§ **What you need to do**
Please filter the listing for the string "alphanumerics" and copy each matching line.
****
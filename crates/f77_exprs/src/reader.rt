//! What is left of a text while an expression is read from it, and the smallest parts that are taken from it.
ghost use Rattle.std.specs.Prelude.{◌≡◌, ◌≤◌, ◌<◌, ◌^◌, [], ◌∷◌, true, length, take, drop, pos, MatchOption, OnSome, SomeIff, Some, IsOkUnless};
ghost use Rattle.std.specs.List.{list_all};
ghost use Rattle.std.specs.Char.{is_ascii_digit};
ghost use Rattle.hyb_base.specs.Decimal.{IsDigits, value_of};
ghost use Rattle.f77_ast.specs.Name.{is_alphanumeric};
ghost use Rattle.f77_exprs.specs.Read.{Reads};
ghost use Rattle.f77_exprs.specs.Operators as operators;
ghost use Rattle.f77_exprs.specs.Climbing as climbing;
ghost use Rattle.f77_exprs.specs.Reading as spec;

use crate::operators::{Infix, Prefix, begins, infix_at, prefix_at};
use crate::unread::Unread;
use f77_ast::expr::Expr;
use f77_ast::name::Name;
use std::marker::Model;

/// The operators before an operand.
#[derive(Clone, Copy)]
pub struct Heads {
    /// `.NOT.`, at the head of a negation.
    negation: Option<Prefix>,
    /// `+` or `-`, at the head of a sum.
    sign: Option<Prefix>,
}

impl Heads {
    /// The operator at the head of a level.
    pub fn of(self, level: usize) -> Option<Prefix>
        ensures { result ≡ climbing.head_at self level }
    {
        match level {
            3 => self.sign,
            6 => self.negation,
            _ => None,
        }
    }
}

/// What is left of a text. What is left after an error isn't said.
#[derive(Drop)]
pub struct Reader<'a> {
    rest: &'a [u8],
}

impl<'a> Model for Reader<'a> {
    ghost use Rattle.std.specs.Prelude.{List, ℕ};

    ghost Value = { List ℕ };

    ghost view = { λ r. r.rest.now };
}

impl<'a> Reader<'a> {
    /// A whole text.
    pub fn new(text: &'a [u8]) -> Reader<'a>
        ensures { result ≡ text.now }
    {
        Reader { rest: text }
    }

    /// Whether nothing is left.
    pub fn is_empty(&self) -> bool
        ensures { result ≡ spec.is_empty self.now }
    {
        self.rest.is_empty()
    }

    /// What is left.
    pub fn rest(&self) -> &'a [u8]
        ensures { result.now ≡ self.now }
    {
        self.rest
    }

    /// Takes the byte that comes next.
    pub fn next_byte(&mut self) -> Option<u8>
        ensures { MatchOption result ((self.old ≡ []) × (self.new ≡ [])) (λ byte. self.old ≡ byte ∷ self.new) }
    {
        match self.rest {
            [first, rest @ ..] => {
                self.rest = rest;
                Some(*first)
            }
            [] => None,
        }
    }

    /// Takes a byte, where it comes next.
    pub fn eat(&mut self, byte: u8) -> bool
        ensures found { result ≡ spec.sees byte self.old }
        ensures after { self.new ≡ spec.after byte self.old }
        ensures within { length self.new ≤ length self.old }
        ensures shorter { result ≡ true → length self.new < length self.old }
    {
        match self.rest {
            [first, rest @ ..] if *first == byte => {
                self.rest = rest;
                true
            }
            _ => false,
        }
    }

    /// Takes a word, where it comes next.
    pub fn eat_word(&mut self, word: &[u8]) -> bool
        ensures found { result ≡ operators.begins word.now self.old }
        ensures after { self.new ≡ spec.after_word word.now self.old }
        ensures within { length self.new ≤ length self.old }
    {
        if begins(word, self.rest) {
            self.skip(word.len());
            true
        } else {
            false
        }
    }

    /// Takes a byte, which must come next: `Unspelled` exactly where it doesn't.
    pub fn expect(&mut self, byte: u8) -> Result<(), Unread>
        ensures value { Reads (spec.expect byte self.old) result self.new }
        ensures within { length self.new ≤ length self.old }
        ensures err { IsOkUnless result Unread.Unspelled }
    {
        if self.eat(byte) {
            Ok(())
        } else {
            Err(Unread::Unspelled)
        }
    }

    /// Takes the operator of a level between two operands, where one comes next.
    pub fn take_infix(&mut self, level: usize) -> Option<Infix>
        ensures found { result ≡ operators.infix_at level self.old }
        ensures after { self.new ≡ spec.after_infix level self.old }
        ensures within { length self.new ≤ length self.old }
        ensures shorter { OnSome result (length self.new < length self.old) }
    {
        let found = infix_at(level, self.rest);
        if let Some(operator) = found {
            self.skip(operator.spelling().len());
        }
        found
    }

    /// Takes the operator at the head of a level, where one comes next.
    pub fn take_prefix(&mut self, level: usize) -> Option<Prefix>
        ensures found { result ≡ operators.prefix_at level self.old }
        ensures after { self.new ≡ spec.after_prefix level self.old }
        ensures within { length self.new ≤ length self.old }
    {
        let found = prefix_at(level, self.rest);
        if let Some(operator) = found {
            self.skip(operator.spelling().len());
        }
        found
    }

    /// Takes the operators before the first operand of a level and of those under it.
    pub fn take_heads(&mut self, level: usize) -> Heads
        ensures value { climbing.heads level self.old ≡ Some (result, self.new) }
        ensures within { length self.new ≤ length self.old }
    {
        let negation = self.take_head(level, 6);
        let sign = self.take_head(level, 3);
        Heads { negation, sign }
    }

    /// Takes the operator at the head of a level, where that is no higher than another.
    fn take_head(&mut self, top: usize, level: usize) -> Option<Prefix>
        ensures value { climbing.head_of top level self.old ≡ Some (result, self.new) }
        ensures within { length self.new ≤ length self.old }
    {
        if level <= top {
            self.take_prefix(level)
        } else {
            None
        }
    }

    /// Takes a number, where a digit comes next: digits of value at most 2^63 - 1 (ANSI X3.9-1978, section 4.3.1).
    /// `Unspelled` exactly where the digits that come next are worth more.
    pub fn number(&mut self) -> Result<Option<Expr>, Unread>
        ensures value { Reads (spec.number self.old) result self.new }
        ensures within { length self.new ≤ length self.old }
        ensures err { IsOkUnless result Unread.Unspelled }
    {
        let count = digits(self.rest);
        if count == 0 {
            return Ok(None);
        }
        let (text, rest) = self.rest.split_at(count);
        match number_of(text) {
            Some(value) => {
                self.rest = rest;
                Ok(Some(Expr::Int(value)))
            }
            None => Err(Unread::Unspelled),
        }
    }

    /// Takes all digits that come next.
    pub fn take_digits(&mut self) -> &'a [u8]
        ensures digits { result.now ≡ take (spec.digits self.old) self.old }
        ensures after { self.new ≡ drop (spec.digits self.old) self.old }
        ensures within { length self.new ≤ length self.old }
    {
        let (text, rest) = self.rest.split_at(digits(self.rest));
        self.rest = rest;
        text
    }

    /// Takes a name: one to six letters and digits, the first of which is a letter (ANSI X3.9-1978, section 2.2).
    /// `Unspelled` exactly where all letters and digits that come next aren't such a name.
    pub fn name(&mut self) -> Result<Name, Unread>
        ensures value { Reads (spec.name self.old) result self.new }
        ensures within { length self.new ≤ length self.old }
        ensures err { IsOkUnless result Unread.Unspelled }
    {
        let (text, rest) = self.rest.split_at(alphanumerics(self.rest));
        match Name::new(text) {
            Some(name) => {
                self.rest = rest;
                Ok(name)
            }
            None => Err(Unread::Unspelled),
        }
    }

    /// Takes `count` bytes, or all.
    fn skip(&mut self, count: usize)
        ensures { self.new ≡ drop count self.old }
    {
        let (_, rest) = self.rest.split_at(count.min(self.rest.len()));
        self.rest = rest;
    }
}

/// How many digits a text begins with.
pub fn digits(text: &[u8]) -> usize
    ensures value { result ≡ spec.digits text.now }
    ensures within { result ≤ length text.now }
{
    text.iter().take_while(|byte| byte.is_ascii_digit()).count()
}

/// How many letters and digits a text begins with.
pub fn alphanumerics(text: &[u8]) -> usize
    ensures value { result ≡ spec.alphanumerics text.now }
    ensures within { result ≤ length text.now }
{
    text.iter()
        .take_while(|byte| is_alphanumeric(**byte))
        .count()
}

/// The value of digits: none exactly where there is none, or it is past 2^63 - 1.
pub fn number_of(digits: &[u8]) -> Option<i64>
    ensures { SomeIff result (IsDigits digits.now × (value_of digits.now < 2 ^ 63)) (pos (value_of digits.now)) }
{
    if !are_digits(digits) {
        return None;
    }
    match str::from_utf8(digits) {
        Ok(text) => text.parse().ok(),
        Err(_) => None,
    }
}

/// Whether each byte of a text is a digit.
fn are_digits(text: &[u8]) -> bool
    ensures { result ≡ list_all is_ascii_digit text.now }
{
    text.iter().all(|byte| byte.is_ascii_digit())
}

/// Whether a byte is an upper-case letter or a digit.
pub fn is_alphanumeric(byte: u8) -> bool
    ensures { result ≡ is_alphanumeric byte }
{
    (b'A'..=b'Z').contains(&byte) || (b'0'..=b'9').contains(&byte)
}
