//! Processes: one step at a time through the statements of a program.
ghost use Rattle.std.specs.Prelude.{◌≡◌, ◌+◌, ◌^◌, ◌<◌, ◌≤◌, drop, length, vec_capacity};
ghost use Rattle.f77_structure.specs.Units.{first_executable, listing_of, main_unit};
ghost use Rattle.f77_io.specs.Line.{text_of};
ghost use Rattle.f77_meaning.specs.Print.{or_blank};
ghost use Rattle.f77_meaning.specs.Sound.{IsSound};

mod control;

use crate::active::{ActiveLoop, is_variable_of_any};
use crate::assign::{Written, assigned};
use crate::begin::{Begun, begin};
use crate::evaluated::Evaluated;
use crate::listing::listing_of;
use crate::loops::loop_of_do;
use crate::print::{Printed, Printing, print_items};
use crate::reads::room_for;
use f77_ast::expr::{Expr, Ref};
use f77_ast::fault::Fault;
use f77_ast::program::{Loop, Program};
use f77_ast::step::Stepped;
use f77_ast::stmt::{Item, LoopControl, Stmt};
use f77_io::input::Input;
use f77_io::line::Line;
use f77_structure::units::{first_executable, main_unit, source_line, statement_at};
use hyb_base::cells::Cells;
use hyb_base::no_memory::NoMemory;
use sqlite_items::Items;
use std::alloc::Global;

/// What of its statement a process is at.
#[derive(Clone, Copy, Debug, PartialEq, Eq)]
pub enum Stage {
    /// The statement itself.
    Statement,
    /// The incrementation processing of the innermost active loop: the statement ends its range, and is done.
    Increment,
}

/// A process that runs a program: the statement at which it is, how far that is done, the answers to the reads of the
/// item or statement at which it is, and the active DO-loops, the outermost one first.
///
/// The room for answers and loops is reserved when the process is made, so a step takes no memory.
#[derive(Drop)]
pub struct Process {
    /// Its unit, counted from 0.
    unit: u32,
    /// The place of its statement in the unit, from 0.
    at: usize,
    /// What of the statement it is at.
    stage: Stage,
    /// The initial line of that statement.
    line: u32,
    /// How many items of the statement are done.
    items: usize,
    /// How many elements of the next item are done, where that is an array.
    cells: u32,
    /// The answers to the reads of the item or statement at which it is.
    answers: Vec<i64>,
    /// How many answers there is room for.
    room: usize,
    /// The active DO-loops, the outermost one first.
    active: Vec<ActiveLoop>,
    /// How many active loops there is room for.
    depth: usize,
    ghost reserved: { room ≤ vec_capacity answers },
    ghost nested: { depth ≤ vec_capacity active },
}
****
§ **Exercise answer**
        let (text, rest) = self.rest.split_at(alphanumerics(self.rest));
pub fn alphanumerics(text: &[u8]) -> usize
    ensures value { result ≡ spec.alphanumerics text.now }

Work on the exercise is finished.